An Evaluation Plan defines exactly what algorithm is used for each operation, and how the execution of the operations is coordinated. For example we can parse the query into such a query tree:

Cost difference between evaluation plans for a query can be enormous (e.g. seconds vs. days in some cases)

Cost-based query optimization includes the following steps:

Generate logically equivalent expressions using equivalence rules.
Annotate resultant expressions to get alternative query plans.
Choose the cheapest plan based on estimated cost.

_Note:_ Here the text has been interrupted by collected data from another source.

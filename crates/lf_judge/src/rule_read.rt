//! What workers read of rules whose labels are asked about, before any trial: the rows of each, and what the checks find by them.
ghost use Rattle.std.specs.Prelude.{◌≡◌, ◌≤◌, ◌<◌, length, map, IfOk};
ghost use Rattle.lf_worlds.specs.views.Readings.{AreReadingsBy};
ghost use Rattle.lf_judge.specs.views.AtHand.{IsReady, rules_of_hand};
ghost use Rattle.lf_judge.specs.views.RulesFound.{AreReadAt, IsReadAt};

use crate::at_hand::{AtHand, TELLING};
use crate::findings::findings_by;
use lf_base::{Memory, OpenGate, Seq};
use lf_board::map_pieces;
use lf_built::RuleRow;
use lf_checks::RecordedNames;
use lf_forks::Forks;
use lf_report::ReportedFinding;
use std::alloc::Global;
use std::thread::Threads;

/// What is read of a rule.
#[derive(Drop)]
pub struct RuleRead {
    /// What is told of the parts of its expression, and its rows.
    pub row: RuleRow,
    /// What the checks find.
    pub findings: Seq<ReportedFinding>,
}

/// What is read of rules, each in a list of its own.
#[derive(Drop)]
pub struct RulesRead {
    pub rows: Seq<RuleRow>,
    pub findings: Seq<Seq<ReportedFinding>>,
}

/// What is read of each rule, by the workers. No gate is passed: what is known of the rules begins behind it.
pub fn read_rules<R: Threads + Sync>(
    rt: &R,
    alloc: Global,
    hand: &AtHand,
    recorded: &RecordedNames,
    forks: &Forks,
    workers: u32,
) -> Result<Seq<RuleRead>, Memory>
    requires ready { IsReady hand.now }
    requires readings { AreReadingsBy (rules_of_hand hand.now) recorded.now.sources recorded.now.graph forks.now }
    requires workers { (0 < workers) × (workers ≤ 64) }
    ensures { IfOk result (AreReadAt hand.now forks.now) }
{
    let read_one = |number: u32| -> Result<RuleRead, Memory>
        requires ready { IsReady hand.now }
        requires readings { AreReadingsBy (rules_of_hand hand.now) recorded.now.sources recorded.now.graph forks.now }
        requires rule { number < length hand.now.rules.now }
        ensures { IfOk result (IsReadAt hand.entry.now forks.entry.now number) }
    { read_rule(alloc, hand, recorded, forks, number) };
    map_pieces(
        rt,
        alloc,
        hand.rules.len() as u32,
        workers,
        &OpenGate,
        TELLING,
        &read_one,
    )
}

/// What is read of the rule with this number. The rows of its parts serve both.
fn read_rule(
    alloc: Global,
    hand: &AtHand,
    recorded: &RecordedNames,
    forks: &Forks,
    number: u32,
) -> Result<RuleRead, Memory>
    requires ready { IsReady hand.now }
    requires readings { AreReadingsBy (rules_of_hand hand.now) recorded.now.sources recorded.now.graph forks.now }
    requires rule { number < length hand.now.rules.now }
    ensures { IfOk result (IsReadAt hand.now forks.now number) }
{
    let rows = hand.checker.part_rows(alloc, number)?;
    let row = RuleRow::by(
        alloc,
        hand.universe,
        hand.env,
        hand.rules,
        recorded.sources(),
        forks,
        number as usize,
        rows.as_slice(),
    )?;
    let findings = findings_by(alloc, hand, number, rows)?;
    Ok(RuleRead { row, findings })
}

/// What was read of rules, apart.
pub fn apart(alloc: Global, mut read: Seq<RuleRead>) -> Result<RulesRead, Memory>
    ensures rows { IfOk result (λ apart. apart.rows ≡ map (λ (rule : RuleRead). rule.row) read) }
    ensures findings { IfOk result (λ apart. apart.findings ≡ map (λ (rule : RuleRead). rule.findings) read) }
{
    let mut rows = Vec::with_capacity(alloc, read.len())?;
    let mut findings = Vec::with_capacity(alloc, read.len())?;
    while let Some(rule) = read.pop() {
        rows.push(rule.row)?;
        findings.push(rule.findings)?;
    }
    rows.reverse();
    findings.reverse();
    Ok(RulesRead {
        rows: Seq::from_vec(rows),
        findings: Seq::from_vec(findings),
    })
}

Estimation of plan cost based on:

Statistical information about relations. Examples: number of tuples, number of distinct values for an attribute.
Statistics estimation for intermediate results to compute cost of complex expressions.
Cost formulae for algorithms, computed using statistics.

Some Equivalence Rules:

Conjunctive selection operations can be deconstructed into a sequence of individual selections.

\sigma_{\theta_1 \wedge \theta_2}(R) = \sigma_{\theta_1}(\sigma_{\theta_2}(R))

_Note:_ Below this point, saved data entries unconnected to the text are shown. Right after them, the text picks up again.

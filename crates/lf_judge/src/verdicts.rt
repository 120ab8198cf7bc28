//! What is known of the labels of a rule, as a report tells it.
ghost use Rattle.std.specs.List.{list_any};
ghost use Rattle.std.specs.Prelude.{◌≡◌, true, map, IfOk};
ghost use Rattle.lf_ast.specs.Rules.{RuleTree};
ghost use Rattle.lf_worlds.specs.views.Told.{label_verdict, rule_verdict};
ghost use Rattle.lf_judge.specs.Judged.{has_unresolved, is_unresolved, unresolved_told, verdict_told, verdicts_told};

use crate::moving::taken_out;
use lf_ast::{RuleVerdicts, Verdict};
use lf_base::{Memory, Seq, Span};
use lf_open::OpenAt;
use lf_worlds::{LabelKnowledge, RuleKnowledge, ShownWorlds};
use std::alloc::Global;

/// Whether a label of the rule stays unresolved.
pub fn has_unresolved(known: &RuleKnowledge) -> bool
    ensures { result ≡ has_unresolved (rule_verdict known.now) }
{
    match known {
        RuleKnowledge::Empty => false,
        RuleKnowledge::Labels { of } => any_unresolved(of.as_slice()),
    }
}

/// Whether one of these verdicts is that nothing is known.
fn any_unresolved(known: &[LabelKnowledge]) -> bool
    ensures { result ≡ list_any (λ v. is_unresolved (label_verdict v)) known.now }
{
    known.iter().any(|verdict| is_unresolved(verdict))
}

/// Whether a verdict is that nothing is known.
fn is_unresolved(known: &LabelKnowledge) -> bool
    ensures { result ≡ is_unresolved (label_verdict known.now) }
{
    match known {
        LabelKnowledge::Unresolved => true,
        _ => false,
    }
}

/// Verdicts on the rule with a number, whose expression has this span, as a report tells them, by the first construct that stands open for it.
pub fn rule_told(
    alloc: Global,
    known: RuleKnowledge,
    first: Option<OpenAt>,
    number: u32,
    span: Span,
) -> Result<RuleVerdicts, Memory>
    ensures { (r : RuleTree) → r.expr_span ≡ span → IfOk result (λ told. told ≡ verdicts_told first number r (rule_verdict known)) }
{
    match known {
        RuleKnowledge::Empty => Ok(RuleVerdicts::Empty),
        RuleKnowledge::Labels { of } => {
            let of = each_told(alloc, of, first, number, span)?;
            Ok(RuleVerdicts::Labels { of })
        }
    }
}

/// The same of the verdicts on its labels. Their worlds aren't copied.
fn each_told(
    alloc: Global,
    known: Seq<LabelKnowledge>,
    first: Option<OpenAt>,
    number: u32,
    span: Span,
) -> Result<Seq<Verdict>, Memory>
    ensures { (r : RuleTree) → r.expr_span ≡ span → IfOk result (λ told. told ≡ map (λ v. verdict_told first number r (label_verdict v)) known) }
{
    let mut taken = taken_out(alloc, known)?;
    let mut told = Seq::with_capacity(alloc, taken.len())?;
    while let Some(verdict) = taken.pop() {
        told.push(label_told(verdict, first, number, span))?;
    }
    Ok(told)
}

/// The same of a verdict.
fn label_told(known: LabelKnowledge, first: Option<OpenAt>, number: u32, span: Span) -> Verdict
    ensures { (r : RuleTree) → r.expr_span ≡ span → result ≡ verdict_told first number r (label_verdict known) }
{
    match known {
        LabelKnowledge::Guaranteed => Verdict::Guaranteed,
        LabelKnowledge::Impossible => Verdict::Impossible,
        LabelKnowledge::Possible { shown } => {
            let ShownWorlds { with, without } = Box::into_inner(shown);
            Verdict::Possible { with, without }
        }
        LabelKnowledge::Unresolved => unresolved_told(first, number, span),
    }
}

/// The same where nothing is known: the first open construct is named, and the place where it stands.
fn unresolved_told(first: Option<OpenAt>, number: u32, span: Span) -> Verdict
    ensures { (r : RuleTree) → r.expr_span ≡ span → result ≡ unresolved_told first number r }
{
    match first {
        Some(held) => Verdict::Unresolved {
            construct: held.construct.number(),
            rule: held.rule,
            span: held.span,
        },
        None => Verdict::Unresolved {
            construct: 0,
            rule: number,
            span,
        },
    }
}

Selection operations are commutative.

\sigma_{\theta_1 \wedge \theta_2}(R) = \sigma_{\theta_2 \wedge \theta_1}(R)

Only the last in a sequence of projection operations is needed, the others can be omitted.

\pi_{A_1}(\pi_{A_2}(R)) = \pi_{A_1}(R)

Selections can be combined with Cartesian products and theta joins.

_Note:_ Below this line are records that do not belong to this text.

//! A file as it was read.

use lf_base::{Seq, Text};

/// A file as it was read: its name, as it was asked for, and its bytes.
#[derive(Debug, Drop)]
pub struct Source {
    pub name: Text,
    pub bytes: Seq<u8>,
}
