//! What checks are called, and how grave what they find is.
ghost use Rattle.std.specs.Prelude.{◌≡◌};
ghost use Rattle.lf_checks.specs.Finding.{name_of};
ghost use Rattle.lf_checks.specs.Findings.{severity_of};
ghost use Rattle.lf_checks.specs.views.Cases.{check_at};
ghost use Rattle.lf_judge.specs.Judged.{severity_told};

use lf_report::Severity;

/// The name of the check with this number.
pub fn check_name(check: u8) -> &'static str
    ensures { result.now ≡ name_of (check_at check) }
{
    match check {
        1 => "alert/comparison",
        2 => "alert/template",
        3 => "rule/duplicate",
        4 => "rule/dependency",
        5 => "promql/regexp",
        6 => "match/label",
        7 => "expr/empty",
        8 => "expr/type",
        _ => "rule/label",
    }
}

/// How grave what the check with this number finds is.
pub fn severity(check: u8) -> Severity
    ensures { result ≡ severity_told (severity_of (check_at check)) }
{
    match check {
        1 | 2 | 3 | 7 | 8 => Severity::Problem,
        _ => Severity::Note,
    }
}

\begin{aligned} \sigma_{\theta_1}(R \times S) &= R\Join_{\theta_1}S \\ \sigma_{\theta_1}(R \Join_{\theta_2} S) &= R \Join_{\theta_2 \wedge \theta_1} S \end{aligned}

Theta-join operations (and natural joins) are commutative.

R \Join_{\theta} S = S \Join_{\theta} R

Natural join operations are associative:

R \Join S \Join T = R \Join (S \Join T)

Theta-join operations are equivalent in the following manner:

(R \Join_{\theta_1} S) \Join_{\theta_2} T = R \Join_{\theta_1 \wedge \theta_2} (S \Join T)

The selection operation distributes over the theta join operation under the following two conditions:
- When all the attributes in $\theta_0$ involve only the attributes of R being joined.
$$\sigma_{\theta_0}(R \Join_{\theta} S) = \sigma_{\theta_0}(R) \Join_{\theta} S $$
- When $$θ_1$$ involves only the attributes of R and $$θ_2$$ involves only the attributes of S.
$$\sigma_{\theta_1}(R) \Join_{\theta} \sigma_{\theta_2}(S) = \sigma_{\theta_1 \wedge \theta_2}(R \Join S) $$
The projection operation distributes over the theta join operation as follows:
- If $\theta$ involves only the attributes from $L_1\cup L_2$
$$\pi_{L_1\cup L_2}(R \Join_{\theta} S) = \pi_{L_1}(R) \Join_{\theta} \pi_{L_2}(S) $$